# Action item
Scan the lines below for "stands"; report the number of lines that contain it, and only that.

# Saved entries
┌──
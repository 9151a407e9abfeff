//! Where control goes on in a call.
ghost use Rattle.std.specs.Prelude.{◌≡◌, ◌≤◌, IfSome, vec_capacity};
ghost use Rattle.cpc_tree.specs.Erase.{Names, stmt_of};
ghost use Rattle.cpc_tree.specs.Points as T;
ghost use Rattle.cpc_check_rules.specs.Apart.{AreApart};
ghost use Rattle.cpc_native_points.specs.Depth.{deep};
ghost use Rattle.cpc_native_points.specs.Seen.{point_of};
ghost use Rattle.cpc_eval_index.specs.Indexed.{IsOwn};

use cpc_eval_index::Index;
use cpc_native_points::{Point, after};
use cpc_tree::program::Function;

/// Control goes on from a point of a function of the program, as a test there holds or not. The point has room for every path
/// of the body, and keeps it.
pub(crate) fn go_on(index: &Index<'_>, function: &Function, point: &mut Point, holds: bool)
    requires own { IsOwn index.now function.now }
    requires room { deep function.now.body ≤ vec_capacity point.old.path }
    ensures point { (names : Names) → AreApart names → IfSome (T.next_point (stmt_of names function.now.body) (point_of point.old) holds) (λ q. point_of point.new ≡ q) }
    ensures room { vec_capacity point.new.path ≡ vec_capacity point.old.path }
{
    match index.locals(function.word.name) {
        Some(locals) => after(&locals.labels(), point, holds),
        None => unreachable!(),
    }
}
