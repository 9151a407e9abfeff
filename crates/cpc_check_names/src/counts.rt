//! How many statements functions have, and how broad they are. Counts stand still at `u64::MAX`.
ghost use Rattle.std.specs.Prelude.{◌≡◌, ◌<◌, ◌≤◌, ◌∷◌, List, OnOk, IfOk, map, nat_lt, if◌then◌else◌};
ghost use Rattle.cpc_tree.specs.Erase.{Names};
ghost use Rattle.cpc_tree.specs.Located.{LItem};
ghost use Rattle.cpc_tree.specs.Locate.{located_stmt, located_list, located_function, located_item};
ghost use Rattle.cpc_check_rules.specs.FunctionRules.{statements, statements_in};
ghost use Rattle.cpc_check_rules.specs.Rules.{breadth, breadth_limit, broad_breaks, breadth_breaks};
ghost use Rattle.cpc_check_rules.specs.Noted.{noted, first_of};
ghost use Rattle.cpc_base.specs.Counts.{capped};

use crate::variables::variable_words;
use cpc_base::{Dialect, NoMemory};
use cpc_check_rules::{First, Rule};
use cpc_tree::program::{Function, Item, Mode, Statement};
use std::alloc::Global;

// How broad all cps functions of a program may be together.
const BREADTH_LIMIT: u64 = 500_000;

/// How many statements a statement is, with those in it.
#[cycle(counted)]
fn statement_count(s: &Statement) -> u64
    ensures { (names : Names) → result ≡ capped (statements (located_stmt names s.now)) }
{
    match s {
        Statement::Block { inner, .. } => row_count(inner).saturating_add(1),
        Statement::If { yes, no, .. } => {
            let inside = statement_count(yes);
            match no {
                Some(no) => inside.saturating_add(statement_count(no)).saturating_add(1),
                None => inside.saturating_add(1),
            }
        }
        Statement::While { body, .. } | Statement::DoWhile { body, .. } => {
            statement_count(body).saturating_add(1)
        }
        Statement::For {
            first,
            step,
            body,
            ..
        } => {
            let inside = row_count(first).saturating_add(statement_count(body));
            match step {
                Some(step) => inside
                    .saturating_add(statement_count(step))
                    .saturating_add(1),
                None => inside.saturating_add(1),
            }
        }
        Statement::Label { inner, .. } => statement_count(inner).saturating_add(1),
        _ => 1,
    }
}

/// How many statements a row is, with those in them.
#[cycle(counted)]
fn row_count(row: &[Statement]) -> u64
    ensures { (names : Names) → result ≡ capped (statements_in (located_list names row.now)) }
{
    let mut count = 0u64;
    for s in row {
        count = count.saturating_add(statement_count(s));
    }
    count
}

/// How broad a function is: the number of its statements times one more than the number of its variables.
/// Above `u64::MAX` it is `u64::MAX`. `NoMemory` is want of memory.
pub fn breadth(alloc: Global, function: &Function) -> Result<u64, NoMemory>
    ensures { IfOk result (λ n. (names : Names) → n ≡ capped (breadth (located_function names function.now))) }
{
    let words = variable_words(alloc, &function.parameters, &function.body)?;
    let width = (words.len() as u64).saturating_add(1);
    Ok(statement_count(&function.body).saturating_mul(width))
}

/// The breadth of all items up to one of them, where `before` is that of those before it. Where it exceeds the limit, the
/// rule is noted at the item. `NoMemory` is want of memory.
fn add_breadth(alloc: Global, first: &mut First, before: u64, item: &Item) -> Result<u64, NoMemory>
    requires { before ≤ breadth_limit }
    ensures { IfOk result (λ n. (names : Names) (rest : List LItem) → noted (first_of first.old) (broad_breaks before (located_item names item.now ∷ rest))
        ≡ (if nat_lt breadth_limit n then first_of first.new else noted (first_of first.new) (broad_breaks n rest))) }
{
    match item {
        Item::Function(function) => match function.mode {
            Mode::Cps => {
                let all = before.saturating_add(breadth(alloc, function)?);
                first.note_if(all > BREADTH_LIMIT, function.word.place, Rule::TooBroad);
                Ok(all)
            }
            _ => Ok(before),
        },
        _ => Ok(before),
    }
}

/// Notes the first cps function at which the breadth of all cps functions so far exceeds the limit, in the dialect that has
/// threads. `NoMemory` is want of memory.
pub fn breadth_rules(
    alloc: Global,
    first: &mut First,
    dialect: Dialect,
    items: &[Item],
) -> Result<(), NoMemory>
    ensures { OnOk result ((names : Names) → first_of first.new ≡ noted (first_of first.old) (breadth_breaks dialect (map (located_item names) items.now))) }
{
    match dialect {
        Dialect::Event => Ok(()),
        Dialect::Cpc => broad_rules(alloc, first, items),
    }
}

/// The same, of a program with threads.
fn broad_rules(alloc: Global, first: &mut First, items: &[Item]) -> Result<(), NoMemory>
    ensures { OnOk result ((names : Names) → first_of first.new ≡ noted (first_of first.old) (broad_breaks 0 (map (located_item names) items.now))) }
{
    let mut all = 0;
    for item in items {
        all = add_breadth(alloc, first, all, item)?;
        if all > BREADTH_LIMIT {
            return Ok(());
        }
    }
    Ok(())
}
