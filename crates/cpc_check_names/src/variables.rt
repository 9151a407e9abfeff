//! How many variables a function has.
ghost use Rattle.std.specs.Prelude.{◌≡◌, OnOk, IfOk, map};
ghost use Rattle.cpc_tree.specs.Erase.{Names};
ghost use Rattle.cpc_tree.specs.Locate.{ident, located_stmt, located_parameter};
ghost use Rattle.cpc_check_rules.specs.FunctionRules.{variables, variable_limit, many_breaks};
ghost use Rattle.cpc_check_rules.specs.Noted.{noted, first_of};

use crate::words::{Wanted, add_words, parameter_words};
use cpc_base::{Dialect, NoMemory};
use cpc_check_rules::{First, Rule};
use cpc_tree::program::{Parameter, Statement, Word};
use std::alloc::Global;

/// The variables of a function: its named parameters and its locals, in the order of the text. `NoMemory` is want of memory.
pub(crate) fn variable_words(
    alloc: Global,
    parameters: &[Parameter],
    body: &Statement,
) -> Result<Vec<Word>, NoMemory>
    ensures { IfOk result (λ words. (names : Names) → map (ident names) words.items ≡ variables (map (located_parameter names) parameters.now) (located_stmt names body.now)) }
{
    let mut words = parameter_words(alloc, parameters)?;
    add_words(Wanted::Locals, body, &mut words)?;
    Ok(words)
}

/// How many variables a function may have.
fn variable_limit(dialect: Dialect) -> usize
    ensures { result ≡ variable_limit dialect }
{
    match dialect {
        Dialect::Cpc => 255,
        Dialect::Event => 1023,
    }
}

/// Notes the first variable of a function that is one too many. `NoMemory` is want of memory.
pub fn many_rules(
    alloc: Global,
    first: &mut First,
    dialect: Dialect,
    parameters: &[Parameter],
    body: &Statement,
) -> Result<(), NoMemory>
    ensures { OnOk result ((names : Names) → first_of first.new ≡ noted (first_of first.old) (many_breaks dialect (map (located_parameter names) parameters.now) (located_stmt names body.now))) }
{
    let words = variable_words(alloc, parameters, body)?;
    if let Some(word) = words.get(variable_limit(dialect)) {
        first.note(word.place, Rule::TooMany);
    }
    Ok(())
}
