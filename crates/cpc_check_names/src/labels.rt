//! Names that come twice, and labels that are not there.
ghost use Rattle.std.specs.Prelude.{◌≡◌, [], List, OnOk, IfOk, map, nat_eq};
ghost use Rattle.std.specs.HashSet as set;
ghost use Rattle.cpc_tree.specs.Erase.{Names};
ghost use Rattle.cpc_tree.specs.Located.{Ident};
ghost use Rattle.cpc_tree.specs.Locate.{ident, located_stmt};
ghost use Rattle.cpc_check_rules.specs.FunctionRules.{repeated, missing, label_breaks};
ghost use Rattle.cpc_check_rules.specs.Noted.{noted, first_of};
ghost use Rattle.cpc_check_rules.specs.Apart.{AreApart};
ghost use Rattle.cpc_check_names.specs.Held.{AreHeld};

use crate::words::{jump_words, label_words};
use cpc_base::NoMemory;
use cpc_check_rules::{First, Rule};
use cpc_tree::program::{Statement, Word};
use std::alloc::Global;
use std::collections::HashSet;

/// Notes each name that stands among those before it, and gives the set of all of them. `NoMemory` is want of memory.
fn note_repeated(
    alloc: Global,
    first: &mut First,
    rule: Rule,
    words: &[Word],
) -> Result<HashSet<u64>, NoMemory>
    ensures told { OnOk result ((names : Names) → AreApart names → first_of first.new ≡ noted (first_of first.old) (repeated rule [] (map (ident names) words.now))) }
    ensures held { IfOk result (λ held. (names : Names) → AreApart names → AreHeld names (set.contains nat_eq held) (map (ident names) words.now)) }
{
    let mut held = HashSet::new(alloc);
    for word in words {
        let is_new = held.insert(word.name.0)?;
        first.note_if(!is_new, word.place, rule);
    }
    Ok(held)
}

/// Notes each name that stands among those before it, as the parameters of a function or the fields of a struct.
/// `NoMemory` is want of memory.
pub fn repeated_rules(
    alloc: Global,
    first: &mut First,
    rule: Rule,
    words: &[Word],
) -> Result<(), NoMemory>
    ensures { OnOk result ((names : Names) → AreApart names → first_of first.new ≡ noted (first_of first.old) (repeated rule [] (map (ident names) words.now))) }
{
    note_repeated(alloc, first, rule, words)?;
    Ok(())
}

/// Notes each label that is none of those that are known.
fn note_missing(first: &mut First, known: &HashSet<u64>, words: &[Word])
    ensures { (names : Names) (row : List Ident) → AreHeld names (set.contains nat_eq known.now) row → first_of first.new ≡ noted (first_of first.old) (missing row (map (ident names) words.now)) }
{
    for word in words {
        let is_known = known.contains(&word.name.0);
        first.note_if(!is_known, word.place, Rule::NoLabel);
    }
}

/// Notes each label that a function has twice, and each that it jumps to and does not have.
/// `NoMemory` is want of memory.
pub fn label_rules(alloc: Global, first: &mut First, body: &Statement) -> Result<(), NoMemory>
    ensures { OnOk result ((names : Names) → AreApart names → first_of first.new ≡ noted (first_of first.old) (label_breaks (located_stmt names body.now))) }
{
    let labels = label_words(alloc, body)?;
    let jumps = jump_words(alloc, body)?;
    let known = note_repeated(alloc, first, Rule::LabelTwice, &labels)?;
    note_missing(first, &known, &jumps);
    Ok(())
}
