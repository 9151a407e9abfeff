//! Conditions, and the items that wait on them.
ghost use Rattle.std.specs.Prelude.{◌≡◌, ◌+◌, ◌<◌, ◌^◌, ◌⊎◌, true, false, length, IfOk, IfErr, OnOk, OnErr};
ghost use Rattle.std.specs.Option.{option_map};
ghost use Rattle.cpc_base.specs.declared.stop.Stop.TheVariants.{Memory, Fault};
ghost use Rattle.cpc_agenda_queues.specs.Queued.{first_of};
ghost use Rattle.cpc_conds.specs.Conditions as M;

use cpc_agenda_queues::Queues;
use cpc_base::{NoMemory, Stop};
use std::alloc::Global;
use std::marker::Model;

/// The condition is not live, or it is released with waiters.
#[derive(Clone, Copy)]
pub struct CondFault;

/// Conditions, numbered from 0 in order of making, and the items that wait on them.
///
/// The waiters of each condition stand in a queue of its own.
#[derive(Drop)]
pub struct Conds<T> {
    made: u64,
    queues: Queues<u64, T>,
}

impl<T> Model for Conds<T> {
    ghost use Rattle.cpc_conds.specs.Conditions.{Conditions, conditions_of, AreMade};

    ghost Value = { Conditions T };

    ghost view = { λ c. conditions_of c.queues c.made };

    ghost invariant = { λ c. AreMade c.queues.keys c.made };
}

impl<T: Drop> Conds<T> {
    /// No condition was made.
    pub fn new(alloc: Global) -> Conds<T>
        ensures { result ≡ M.no_conditions }
    {
        Conds {
            made: 0,
            queues: Queues::new(alloc),
        }
    }

    /// How many conditions were made.
    pub fn made(&self) -> u64
        ensures { result ≡ self.now.made }
    {
        self.made
    }

    /// How many items arrived to wait.
    pub fn arrived(&self) -> u64
        ensures { result ≡ self.now.arrived }
    {
        self.queues.arrived()
    }

    /// How many items wait.
    pub fn waiting(&self) -> u64
        ensures { result ≡ length self.now.waiters }
    {
        self.queues.waiting()
    }

    /// Whether a condition was made and is not released.
    pub fn is_live(&self, cond: u64) -> bool
        ensures { result ≡ M.is_live cond self.now }
    {
        self.queues.is_open(cond)
    }

    /// A new condition, whose number is told. `NoMemory` is want of memory, and leaves the conditions as they were.
    pub fn make(&mut self, alloc: Global) -> Result<u64, NoMemory>
        requires { self.old.made + 1 < 2 ^ 63 }
        ensures number { IfOk result (λ n. n ≡ self.old.made) }
        ensures ok { OnOk result (self.new ≡ M.make self.old) }
        ensures err { OnErr result (self.new ≡ self.old) }
    {
        let number = self.made;
        self.queues.open(alloc, number)?;
        self.made = number + 1;
        Ok(number)
    }

    /// Releases a condition. `CondFault` says that it is not live, or that somebody waits on it, and leaves the
    /// conditions as they were.
    pub fn release(&mut self, cond: u64) -> Result<(), CondFault>
        ensures live { OnOk result (M.is_live cond self.old ≡ true) }
        ensures nobody { OnOk result (M.NobodyWaits cond self.old) }
        ensures ok { OnOk result (self.new ≡ M.release cond self.old) }
        ensures fault { OnErr result ((M.is_live cond self.old ≡ false) ⊎ (¬ (M.NobodyWaits cond self.old))) }
        ensures err { OnErr result (self.new ≡ self.old) }
    {
        if !self.queues.is_open(cond) {
            return Err(CondFault);
        }
        if !self.queues.is_idle(cond) {
            return Err(CondFault);
        }
        self.queues.close(cond);
        Ok(())
    }

    /// The item waits on the condition. A refusal comes with the item and leaves the conditions as they were:
    /// `CondFault` says that the condition is not live.
    pub fn wait(&mut self, cond: u64, item: T) -> Result<(), (T, Stop<CondFault>)>
        requires { self.old.arrived + 1 < 2 ^ 63 }
        ensures live { OnOk result (M.is_live cond self.old ≡ true) }
        ensures ok { OnOk result (self.new ≡ M.wait cond item self.old) }
        ensures fault { IfErr result (λ e. (e.1 ≡ Memory) ⊎ (M.is_live cond self.old ≡ false)) }
        ensures err { OnErr result (self.new ≡ self.old) }
        ensures back { IfErr result (λ e. e.0 ≡ item) }
    {
        if !self.queues.is_open(cond) {
            return Err((item, Stop::Fault(CondFault)));
        }
        match self.queues.wait(cond, item) {
            Ok(()) => Ok(()),
            Err((item, _)) => Err((item, Stop::Memory)),
        }
    }

    /// The longest waiter of the condition, which waits no longer; none where nobody waits on it. `CondFault` says that
    /// the condition is not live.
    pub fn first(&mut self, cond: u64) -> Result<Option<T>, CondFault>
        ensures live { OnOk result (M.is_live cond self.old ≡ true) }
        ensures item { IfOk result (λ o. o ≡ option_map M.item_of (first_of (M.first_waiter cond self.old))) }
        ensures ok { OnOk result (self.new ≡ M.take_first cond self.old) }
        ensures fault { OnErr result (M.is_live cond self.old ≡ false) }
        ensures err { OnErr result (self.new ≡ self.old) }
    {
        if !self.queues.is_open(cond) {
            return Err(CondFault);
        }
        Ok(self.queues.first(cond))
    }
}
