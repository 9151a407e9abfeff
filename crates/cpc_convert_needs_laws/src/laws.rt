//! The laws, each as the contract of a function that does nothing.
ghost use Rattle.cpc_convert_needs_laws.specs.Laws.{LiftedAreAlike, LiftedAreComplete, LiftedAreRoutines};

/// The lifted functions of a program are read alike by texts that tell its names, by its table, and by texts that have those of the table.
pub fn lifted_are_alike()
    ensures law { LiftedAreAlike }
{}

/// Those of an accepted program are its routines, one for one, as the definitions compute them.
pub fn lifted_are_routines()
    ensures law { LiftedAreRoutines }
{}

/// They have what the pieces that are made of them ask.
pub fn lifted_are_complete()
    ensures law { LiftedAreComplete }
{}
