//! Whether values are those that a primitive takes.
ghost use Rattle.std.specs.Prelude.{◌≡◌, ◌↔◌, IsTrue, Some, map};
ghost use Rattle.std.specs.List.{All};
ghost use Rattle.cpc_store.specs.Seen.{seen};
ghost use Rattle.cpc_native_acts.specs.Taken.{is_set, is_integer, is_taken_as, are_taken, IsLong};

use cpc_eval_values::Taken;
use cpc_num::Kind;
use cpc_store::{Value, suits};

// Whether a value is set.
fn is_set(value: Value) -> bool
    ensures { result ≡ is_set (seen value) }
{
    match value {
        Value::Unset => false,
        _ => true,
    }
}

// Whether a value is an integer.
fn is_integer(value: Value) -> bool
    ensures { result ≡ is_integer (seen value) }
{
    match value {
        Value::Int(_, _) => true,
        _ => false,
    }
}

// Whether a value is one that is taken.
fn is_taken_as(taken: Taken, value: Value) -> bool
    ensures { result ≡ is_taken_as taken (seen value) }
{
    match taken {
        Taken::AnyInteger => is_integer(value),
        Taken::SetOf(scalar) => is_set(value) && suits(scalar, value),
        Taken::FreeOf(scalar) => suits(scalar, value),
    }
}

/// Whether values are those that are taken, from left to right, one for each.
pub(crate) fn are_taken(takes: &[Taken], values: &[Value]) -> bool
    ensures { result ≡ are_taken (map Some takes.now) values.now }
{
    if takes.len() != values.len() {
        return false;
    }
    for i in 0..takes.len() {
        if !is_taken_as(takes[i], values[i]) {
            return false;
        }
    }
    true
}

// Whether a value is one of long.
fn is_long(value: Value) -> bool
    ensures { IsTrue result ↔ IsLong value }
{
    match value {
        Value::Int(kind, _) => kind == Kind::Long,
        _ => false,
    }
}

/// Whether all values are of long.
pub(crate) fn are_long(values: &[Value]) -> bool
    ensures { IsTrue result ↔ All IsLong values.now }
{
    values.iter().all(|value| is_long(*value))
}
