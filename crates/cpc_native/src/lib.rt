//! The machine of code: a stack of calls over a store, which goes step by step.
#![tactic(auto)]

mod calls;
mod going;
mod machine;
mod next;

pub use machine::{Machine, Request, Stepped};
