//! The machine: calls upon each other, and what the innermost one does next.
ghost use Rattle.std.specs.Prelude.{◌≡◌, ℕ, ◌+◌, ◌-◌, ◌<◌, ◌≤◌, ◌^◌, min, true, [], ◌∷◌, Option, Some, None, Ok, IfOk, OnOk, OnErr};
ghost use Rattle.std.specs.List.{All};
ghost use Rattle.cpc_tree.specs.Erase.{Names as Texts, function_of};
ghost use Rattle.cpc_tree.specs.Points as T;
ghost use Rattle.cpc_tree.specs.Typing.{function_named};
ghost use Rattle.cpc_tree.specs.Syntax as X;
ghost use Rattle.cpc_store.specs.Store as S;
ghost use Rattle.cpc_store.specs.Seen.{seen, result_with, IsLawful};
ghost use Rattle.cpc_meaning.specs.Answer as A;
ghost use Rattle.cpc_meaning.specs.Plain as P;
ghost use Rattle.cpc_meaning.specs.Runs as L;
ghost use Rattle.cpc_meaning.specs.Trees.{trees};
ghost use Rattle.cpc_eval_values.specs.Meets.{Meets};
ghost use Rattle.cpc_eval_values.specs.Shown.{value_of, values_of, store_of};
ghost use Rattle.cpc_eval_index.specs.Indexed.{items_of, IsOwn};
ghost use Rattle.cpc_native_points.specs.Seen.{path_of};
ghost use Rattle.cpc_native_frames.specs.Back.{IsAsBefore, CanTakeBack};
ghost use Rattle.cpc_native_frames.specs.Frames.{frame_of, IsWellFrame};
ghost use Rattle.cpc_native_acts.specs.Acts.{act_of, IsLawfulAct, IsLawfulIf, EntersOwn, enters_act, AsksServed as ActServed, AsksTaken as ActTaken};
ghost use Rattle.cpc_meaning.specs.Act as M;
ghost use Rattle.cpc_native_frames.specs.Made.{slots_of};
ghost use Rattle.cpc_native.specs.Stacks.{fault_of};
ghost use Rattle.cpc_tree.specs.Points.{Point};
ghost use Rattle.cpc_check_rules.specs.Apart.{AreApart};
ghost use Rattle.cpc_meaning_laws.specs.Cell.Cells.{call_cells};
ghost use Rattle.cpc_meaning.specs.Events.{Callback};
ghost use Rattle.cpc_meaning.specs.Machine.{State};
ghost use Rattle.cpc_meaning.specs.Runs.{live_cells};

use crate::calls::Calls;
use crate::going::go_on;
use crate::next::counted;
use cpc_base::{Name, Names, NoMemory, Stop};
use cpc_eval_index::Index;
use cpc_native_acts::{Act, step};
use cpc_native_builtins::Call;
use cpc_native_changes::foreseen;
use cpc_native_frames::{Frame, call_cells, enter, leave};
use cpc_num::Fault;
use cpc_store::{Block, Class, Store, Value};
use cpc_tree::program::Function;
use std::alloc::Global;
use std::mem;

/// What code asks of the loop: a primitive or a function of the host, with its converted arguments, which are what it takes, in
/// a function.
#[derive(Drop)]
pub struct Request {
    pub call: Call,
    pub args: Vec<Value>,
    pub function: Name,
}

/// What a step comes to.
#[derive(Drop)]
pub enum Stepped {
    /// The code goes on.
    Went,
    /// The outermost call was left with this value.
    Returned(Value),
    /// The code asks; it waits until it is answered.
    Asked(Request),
    /// A fault in the function of this name.
    Faulted(Fault, Name),
}

/// The calls of a program's functions upon each other, and the store that they share.
pub struct Machine<'p> {
    index: Index<'p>,
    texts: &'p Names,
    store: Store,
    calls: Calls<'p>,
    arriving: Option<Value>,
}

impl Drop for Machine<'_> {
    fn drop(self) {
        let Machine {
            index: _,
            texts: _,
            store,
            calls,
            arriving: _,
        } = self;
        drop(store);
        drop(calls);
    }
}

// The fault that a step comes to.
fn fault_of(stepped: &Stepped) -> Option<Fault>
    ensures { result ≡ fault_of stepped.now }
{
    match stepped {
        Stepped::Faulted(fault, _) => Some(*fault),
        _ => None,
    }
}
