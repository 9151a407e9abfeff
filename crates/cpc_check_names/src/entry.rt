//! The function `main`, with which a program begins.
ghost use Rattle.std.specs.Prelude.{◌≡◌, [], ◌∷◌, map, not};
ghost use Rattle.cpc_tree.specs.Erase.{Names as Spelling, in_table};
ghost use Rattle.cpc_tree.specs.Locate.{located_function, located_item};
ghost use Rattle.cpc_check_rules.specs.declared.rule.Rule.TheVariants.{NoMain};
ghost use Rattle.cpc_check_rules.specs.Apart.{Spells};
ghost use Rattle.cpc_check_rules.specs.Rule.{at_if};
ghost use Rattle.cpc_check_rules.specs.Rules.{is_main, has_main};
ghost use Rattle.cpc_check_rules.specs.Noted.{noted, first_of};

use cpc_base::{Names, Place};
use cpc_check_rules::{First, Rule};
use cpc_num::Kind;
use cpc_tree::names::is_main as is_named_main;
use cpc_tree::program::{CType, Function, Item, Mode};

/// Whether a program may begin with a function.
fn may_begin(names: &Names, function: &Function) -> bool
    ensures { result ≡ is_main (located_function (in_table names.now) function.now) }
{
    if !function.parameters.is_empty() {
        return false;
    }
    match function.mode {
        Mode::Native | Mode::Cps => match function.result {
            CType::Int(Kind::Int) => is_named_main(names, function.word.name),
            _ => false,
        },
        _ => false,
    }
}

/// Whether a program may begin with a function: a native or cps function `main` with the result `int` and no parameters.
pub fn is_main(names: &Names, function: &Function) -> bool
    ensures table { result ≡ is_main (located_function (in_table names.now) function.now) }
    ensures spelled { (spelling : Spelling) → Spells names.now spelling → result ≡ is_main (located_function spelling function.now) }
{
    may_begin(names, function)
}

/// Whether one of a program's items is such a function.
fn has_main(names: &Names, items: &[Item]) -> bool
    ensures { result ≡ has_main (map (located_item (in_table names.now)) items.now) }
{
    for item in items {
        if is_main_item(names, item) {
            return true;
        }
    }
    false
}

/// Whether an item is such a function.
fn is_main_item(names: &Names, item: &Item) -> bool
    ensures { result ≡ has_main (located_item (in_table names.now) item.now ∷ []) }
{
    match item {
        Item::Function(function) => may_begin(names, function),
        _ => false,
    }
}

/// Notes at the end of a program, `end`, that it has no function to begin with.
pub fn main_rules(first: &mut First, names: &Names, items: &[Item], end: Place)
    ensures table { first_of first.new ≡ noted (first_of first.old) (at_if (not (has_main (map (located_item (in_table names.now)) items.now))) end NoMain) }
    ensures spelled { (spelling : Spelling) → Spells names.now spelling → first_of first.new ≡ noted (first_of first.old) (at_if (not (has_main (map (located_item spelling) items.now))) end NoMain) }
{
    first.note_if(!has_main(names, items), end, Rule::NoMain);
}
└──
# Task response
2